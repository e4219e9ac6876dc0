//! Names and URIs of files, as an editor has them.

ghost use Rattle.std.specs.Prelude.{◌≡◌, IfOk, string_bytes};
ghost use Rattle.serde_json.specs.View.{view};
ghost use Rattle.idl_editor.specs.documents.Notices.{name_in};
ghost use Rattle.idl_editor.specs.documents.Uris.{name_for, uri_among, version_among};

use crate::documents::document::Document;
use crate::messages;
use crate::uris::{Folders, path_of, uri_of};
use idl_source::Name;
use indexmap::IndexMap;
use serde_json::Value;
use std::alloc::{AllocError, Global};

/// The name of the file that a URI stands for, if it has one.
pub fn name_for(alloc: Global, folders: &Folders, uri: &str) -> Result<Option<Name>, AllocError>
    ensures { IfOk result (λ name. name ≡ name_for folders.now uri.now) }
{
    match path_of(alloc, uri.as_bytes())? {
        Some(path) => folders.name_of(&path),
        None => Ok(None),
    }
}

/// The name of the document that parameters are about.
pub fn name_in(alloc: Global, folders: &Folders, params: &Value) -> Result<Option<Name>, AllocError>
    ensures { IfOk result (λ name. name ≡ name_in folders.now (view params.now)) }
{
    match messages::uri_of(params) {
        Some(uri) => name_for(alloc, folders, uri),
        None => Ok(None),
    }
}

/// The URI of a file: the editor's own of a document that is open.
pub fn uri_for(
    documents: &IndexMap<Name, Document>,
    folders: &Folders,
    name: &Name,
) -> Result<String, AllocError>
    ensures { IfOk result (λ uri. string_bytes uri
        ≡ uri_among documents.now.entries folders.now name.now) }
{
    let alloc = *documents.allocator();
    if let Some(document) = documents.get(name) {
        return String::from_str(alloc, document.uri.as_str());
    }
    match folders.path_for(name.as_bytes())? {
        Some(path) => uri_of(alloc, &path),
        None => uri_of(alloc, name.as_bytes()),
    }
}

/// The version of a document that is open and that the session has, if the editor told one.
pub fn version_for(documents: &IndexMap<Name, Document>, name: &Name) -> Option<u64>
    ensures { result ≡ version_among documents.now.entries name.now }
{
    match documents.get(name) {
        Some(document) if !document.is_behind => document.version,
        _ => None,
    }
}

◇ ◇ ◇ ◇ ◇

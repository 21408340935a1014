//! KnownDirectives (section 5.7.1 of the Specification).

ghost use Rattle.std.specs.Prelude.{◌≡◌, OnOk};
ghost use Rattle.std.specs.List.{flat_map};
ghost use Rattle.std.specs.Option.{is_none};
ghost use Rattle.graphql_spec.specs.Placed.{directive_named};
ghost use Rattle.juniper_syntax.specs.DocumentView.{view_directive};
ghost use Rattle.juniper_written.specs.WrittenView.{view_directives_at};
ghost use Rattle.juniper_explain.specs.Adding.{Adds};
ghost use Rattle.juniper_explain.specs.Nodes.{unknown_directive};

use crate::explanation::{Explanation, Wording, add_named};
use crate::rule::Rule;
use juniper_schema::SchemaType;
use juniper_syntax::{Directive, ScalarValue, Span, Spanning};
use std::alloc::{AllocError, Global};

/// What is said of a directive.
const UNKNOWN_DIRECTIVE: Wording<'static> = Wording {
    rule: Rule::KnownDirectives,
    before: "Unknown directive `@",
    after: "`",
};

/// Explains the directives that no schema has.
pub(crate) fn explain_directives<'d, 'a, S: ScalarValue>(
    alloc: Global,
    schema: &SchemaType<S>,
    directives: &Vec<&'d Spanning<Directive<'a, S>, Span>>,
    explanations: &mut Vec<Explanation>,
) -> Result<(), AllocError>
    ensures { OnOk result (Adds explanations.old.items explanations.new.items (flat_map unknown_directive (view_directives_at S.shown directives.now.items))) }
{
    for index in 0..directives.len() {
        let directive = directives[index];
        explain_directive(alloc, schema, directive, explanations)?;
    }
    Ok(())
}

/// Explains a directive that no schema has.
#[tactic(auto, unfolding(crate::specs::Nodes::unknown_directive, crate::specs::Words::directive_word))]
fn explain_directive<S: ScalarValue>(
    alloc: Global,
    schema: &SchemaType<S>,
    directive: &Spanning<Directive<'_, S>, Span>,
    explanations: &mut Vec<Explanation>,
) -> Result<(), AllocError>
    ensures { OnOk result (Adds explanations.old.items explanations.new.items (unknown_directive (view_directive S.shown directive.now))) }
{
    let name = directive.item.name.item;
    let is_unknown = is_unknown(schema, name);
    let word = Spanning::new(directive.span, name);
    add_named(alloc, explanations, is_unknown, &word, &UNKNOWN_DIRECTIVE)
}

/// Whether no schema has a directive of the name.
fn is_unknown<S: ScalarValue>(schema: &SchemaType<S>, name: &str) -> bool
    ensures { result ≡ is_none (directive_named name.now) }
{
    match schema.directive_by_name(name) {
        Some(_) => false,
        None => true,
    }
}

◇ ◇ ◇ ◇ ◇

# Instructions to follow:
Lines of the material in which the word "Option" occurs are to be copied out.

# Answer to the exercise:
pub fn name_for(alloc: Global, folders: &Folders, uri: &str) -> Result<Option<Name>, AllocError>
pub fn name_in(alloc: Global, folders: &Folders, params: &Value) -> Result<Option<Name>, AllocError>
pub fn version_for(documents: &IndexMap<Name, Document>, name: &Name) -> Option<u64>
ghost use Rattle.std.specs.Option.{is_none};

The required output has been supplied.